---------- Exercise inputs

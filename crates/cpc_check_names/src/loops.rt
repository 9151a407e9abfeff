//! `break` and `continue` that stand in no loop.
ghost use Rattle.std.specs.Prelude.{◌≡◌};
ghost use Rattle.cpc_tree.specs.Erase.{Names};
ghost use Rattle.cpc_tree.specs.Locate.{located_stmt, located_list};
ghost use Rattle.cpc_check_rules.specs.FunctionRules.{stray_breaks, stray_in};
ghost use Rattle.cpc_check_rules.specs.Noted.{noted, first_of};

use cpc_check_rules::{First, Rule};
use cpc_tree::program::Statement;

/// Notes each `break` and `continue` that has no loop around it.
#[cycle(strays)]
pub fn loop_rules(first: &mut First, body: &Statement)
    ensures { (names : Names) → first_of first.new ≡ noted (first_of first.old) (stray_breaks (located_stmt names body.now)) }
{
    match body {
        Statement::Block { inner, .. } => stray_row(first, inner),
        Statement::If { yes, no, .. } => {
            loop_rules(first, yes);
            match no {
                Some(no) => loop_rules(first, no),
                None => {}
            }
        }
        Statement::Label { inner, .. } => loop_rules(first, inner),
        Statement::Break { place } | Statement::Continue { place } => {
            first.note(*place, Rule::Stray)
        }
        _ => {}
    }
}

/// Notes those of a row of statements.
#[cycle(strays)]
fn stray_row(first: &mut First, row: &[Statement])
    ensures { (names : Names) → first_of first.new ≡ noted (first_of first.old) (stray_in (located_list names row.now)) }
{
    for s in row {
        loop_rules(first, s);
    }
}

--------------------

[Your task]
The material above must be returned in full, exactly as written.

[Task output]
filename crates/cpc_check_names/src/loops.rt
repository 9151a407e9abfeff
//! `break` and `continue` that stand in no loop.
ghost use Rattle.std.specs.Prelude.{◌≡◌};
ghost use Rattle.cpc_tree.specs.Erase.{Names};
ghost use Rattle.cpc_tree.specs.Locate.{located_stmt, located_list};
ghost use Rattle.cpc_check_rules.specs.FunctionRules.{stray_breaks, stray_in};
ghost use Rattle.cpc_check_rules.specs.Noted.{noted, first_of};

use cpc_check_rules::{First, Rule};
use cpc_tree::program::Statement;

/// Notes each `break` and `continue` that has no loop around it.
#[cycle(strays)]
pub fn loop_rules(first: &mut First, body: &Statement)
    ensures { (names : Names) → first_of first.new ≡ noted (first_of first.old) (stray_breaks (located_stmt names body.now)) }
{
    match body {
        Statement::Block { inner, .. } => stray_row(first, inner),
        Statement::If { yes, no, .. } => {
            loop_rules(first, yes);
            match no {
                Some(no) => loop_rules(first, no),
                None => {}
            }
        }
        Statement::Label { inner, .. } => loop_rules(first, inner),
        Statement::Break { place } | Statement::Continue { place } => {
            first.note(*place, Rule::Stray)
        }
        _ => {}
    }
}

/// Notes those of a row of statements.
#[cycle(strays)]
fn stray_row(first: &mut First, row: &[Statement])
    ensures { (names : Names) → first_of first.new ≡ noted (first_of first.old) (stray_in (located_list names row.now)) }
{
    for s in row {
        loop_rules(first, s);
    }
}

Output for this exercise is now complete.